Емельян Пугачев. Книга третья - стр. 10
– С жалобой? На кого показываешь?
– На ирода и разбойника, на Аброську Твердозадова.
– Ась, ась? – И воевода, чтоб лучше слышать, отогнул стоявший кибиткой лисий воротник. – На кого? На Аброську Твердозадова? Давай-давай его сюда… Он предо мной шапки не ломает, его гордыня заела. Он, подлец, на меня в Тверь жалобу писал… Он вроде тебя – хлюст, а нет, так и погаже… Давай-давай… В чем обвиняешь? Шагай за мной…
Воевода стал веселым, суетливым, сказал:
– Обожди, пожалуй, в канцелярии, я чайку испью. Приобщался сегодня я…
Через час в канцелярии появился воевода в кургузом мундире и при шпаге. Все вскочили, бросили перья, с низким, подобострастным поклоном гулко прокричали:
– С принятием святых таинств поздравляем, васкородие! Имеем честь!
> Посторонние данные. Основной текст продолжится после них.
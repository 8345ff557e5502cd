#![tactic(auto)]

pub mod cell;
pub mod link;
pub mod run;
pub mod theorems;
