// Program order: what the list of steps and spots means; laws only.
#![tactic(auto)]
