// Program order: definitions and laws only.
#![tactic(auto)]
– Спасибо, ребята… Долгополов! Показывай, в чем дело. Иван Парфентьич, садись сюда, пиши.
Долгополов и подьячий подошли к красному столу. Подьячий, гусиное перо за ухом, сел, разложил пред собой голубовато-серые листы бумаги, протер концом скатерти очки, откашлялся. Писчики, водя вхолостую перьями и притворяясь, что усердно пишут, навострили уши. Долгополов гундосым голосом стал давать показания, стараясь обелить себя и во всем обвиноватить Твердозадова.
– …Тут он, аспид, сверзил меня с лестницы и начал всячески поносить твою милость, отец-воевода, непотребной бранью…
– Какими словесами?
– Срамно вымолвить. Не точию словом произносить, но и писать зело гнусно и мерзко, сиречь такие словеса, ажно язык мой прильпне к гортани моея… Боюсь.
– Ну, молви, молви смело, не опасайся… А нет – и тебе, хлюст путаный, кнуты будут. – И бараньи глаза воеводы омрачились.
– Господин воевода! Лучше допроси дворника евонного, Ивашку. Он, смерд, слышал хозяйскую хулу на твою милость… Вели сыскать его. Да и Аброську Твердозадова зови…
– Писчик! – крикнул воевода. – Пошли солдата за Ивашкой.
Вскоре привели в канцелярию Ивашку. Это – широкоплечий, приземистый парень, лет двадцати пяти, кудрявый, без бороды и без усов. Глаза злые, губы толстые. Он – сирота, крепостной господ Сабуровых, числился на оброке, подрядился, по письменному договору, служить три года Твердозадову на его канатной фабричке. И, как водится, попал в большую кабалу: помещик вскоре запродал его еще на два года и половину денег за его службу забрал вперед. А служба у купца анафемская. Пробовал Ивашка бежать, но был сыскан, отдан на расправу воеводе. Получив от Твердозадова мзду, воевода самолично избил Ивашку, приказал выдрать его, а после порки водворил бегуна снова в кабалу к купцу. Ивашка озлобился. На своего хозяина, на зажиточных людей и на все начальство глядел лютым зверем.